# Miscellaneous Herp Interests > Invertebrates >  A few random spider (8 legged spider not ball python spider) shots

## jmugleston

Hopefully next week I'll be showing pics of these pairing.
Haplopelma lividum




Poecilotheria metallica




Poecilotheria ornata

----------


## boadaddy

Very nice! What do you use for hides for the ornamentals?

----------


## jmugleston

Rolls of the cork lining used in kitchen cabinets.

----------


## Neal

Just curious why you have the two different tarantulas near each other?

Not trying to seem like a jerk or anything but that could of had a bad outcome, and it wasn't a smart decision to do.

----------


## boadaddy

Oh cool thanks, good idea!

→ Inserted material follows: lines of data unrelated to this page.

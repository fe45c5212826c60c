//! The commands `run`, `trace`, `accounts`, `alone` and `record` of `nethrywel`: a scenario is read, run on a machine, and what
//! is asked for is printed.
//!
//! `nethrywel` calls a function for each command with its host and options, and exits with the status that the function returns. For
//! example `trace_scenario(host, asked, settings)` prints the table of a scenario's lines.
#![tactic(auto)]

mod accounts;
mod alone;
mod line_errors;
mod record;
mod run;
mod run_end;
mod run_request;
mod trace;
mod view;

pub use accounts::list_accounts;
pub use alone::{show_all_alone, show_alone};
pub use record::record_scenario;
pub use run::run_scenario;
pub use trace::trace_scenario;
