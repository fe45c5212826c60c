//! The command `trace`: the table of a scenario's lines.
ghost use Rattle.cli_runs.specs.CommandStatus.{TraceEnds};

use crate::run_request::{RunRequest, run_chosen};
use crate::view::RunView;
use cli_base::{Host, Settings};
use cli_options::TraceOptions;

/// Runs a scenario, and prints a table of its lines. Returns the exit status.
pub fn trace_scenario<'a, H: Host>(
    host: &H,
    asked: &'a TraceOptions<'a>,
    settings: Settings<'a>,
) -> u8
    ensures { TraceEnds (H.text_at host.now) asked.now settings.entry result }
{
    let viewing = RunView::Trace { json: asked.json };
    run_chosen(
        host,
        asked.machine,
        RunRequest::whole(asked.scenario, settings, viewing),
    )
}
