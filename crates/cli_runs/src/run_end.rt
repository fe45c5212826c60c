//! How a run over files and the standard streams ended.

use cli_base::{StopMessage, UNREAD, boot_status, report_error, spot_of, summarize};
use list_parser::BootFault;
use run_lines::LineRunFault;
use run_scenario::{ScenarioEnd, exit_status};
use view_diagnostics::{Counts, DiagnosticForm};

/// The end of a run, and whether nobody reads what is written.
#[derive(Drop)]
pub(crate) struct RunEnd {
    /// The ending of the run, or the fault of the boot.
    pub(crate) ended: Result<ScenarioEnd, BootFault>,
    /// Whether a write failed because its pipe is closed.
    pub(crate) unread: bool,
}

impl RunEnd {
    ghost use Rattle.std.specs.Prelude.{◌≡◌, ◌&&◌};
    ghost use Rattle.cli_runs.specs.RunEnd.{end_status, run_status, write_failed};

    /// Prints the fault of a scenario of this path, if there is one. Prints the numbers of errors and warnings too: `earlier` ones,
    /// the fault and the scenario's own. Returns the exit status.
    pub(crate) fn report(
        &self,
        rt: &HostRuntime,
        form: DiagnosticForm,
        scenario: &str,
        earlier: Counts,
    ) -> u8
        ensures { result ≡ end_status self.now.ended self.now.unread }
    {
        let status = self.report_fault(rt, form, scenario);
        if let Ok(ending) = &self.ended {
            if status != UNREAD {
                let stopped = u64::from(ending.fault.is_some());
                let errors = earlier.errors.saturating_add(stopped);
                let counts = Counts {
                    errors: ending.complaints.saturating_add(errors),
                    ..earlier
                };
                summarize(rt, form, counts);
            }
        }
        status
    }

    /// Prints the fault of a scenario of this path, if there is one. Returns the exit status.
    pub(crate) fn report_fault(&self, rt: &HostRuntime, form: DiagnosticForm, scenario: &str) -> u8
        ensures { result ≡ end_status self.now.ended self.now.unread }
    {
        if self.is_unread() {
            return UNREAD;
        }
        if let Ok(ending) = &self.ended {
            if let Some(fault) = ending.fault {
                let spot = spot_of(scenario, ending.lines, fault);
                report_error(rt, form, spot, &StopMessage(fault));
            }
        }
        self.run_status()
    }

    // Returns the exit status of the run: for a list that doesn't boot 1 if the host is out of memory, else 2.
    fn run_status(&self) -> u8
        ensures { result ≡ run_status self.now.ended }
    {
        match &self.ended {
            Ok(_) => exit_status(&self.ended),
            Err(fault) => boot_status(fault),
        }
    }

    // Returns whether a write failed because nobody reads what is written.
    fn is_unread(&self) -> bool
        ensures { result ≡ (self.now.unread && write_failed self.now.ended) }
    {
        self.unread && self.has_failed_write()
    }

    // Returns whether a write failed.
    fn has_failed_write(&self) -> bool
        ensures { result ≡ write_failed self.now.ended }
    {
        match &self.ended {
            Ok(ending) => matches!(ending.fault, Some(LineRunFault::WriteFault)),
            Err(_) => false,
        }
    }
}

Neal really dude those are males in female enclosure's, same species for breeding is a smart decision but dumb comments = not a smart decision! :Wag of the finger:

----------


## stratus_020202

Thank you for the 8 legged warning.  :Smile:  Gave me time to prepare to jump out of my chair. 

Those are nice, as far as spiders go. Kind of give me the skeebs. Pretty though. Good luck with the pair!

----------


## jmugleston

> Just curious why you have the two different tarantulas near each other?
> 
> Not trying to seem like a jerk or anything but that could of had a bad outcome, and it wasn't a smart decision to do.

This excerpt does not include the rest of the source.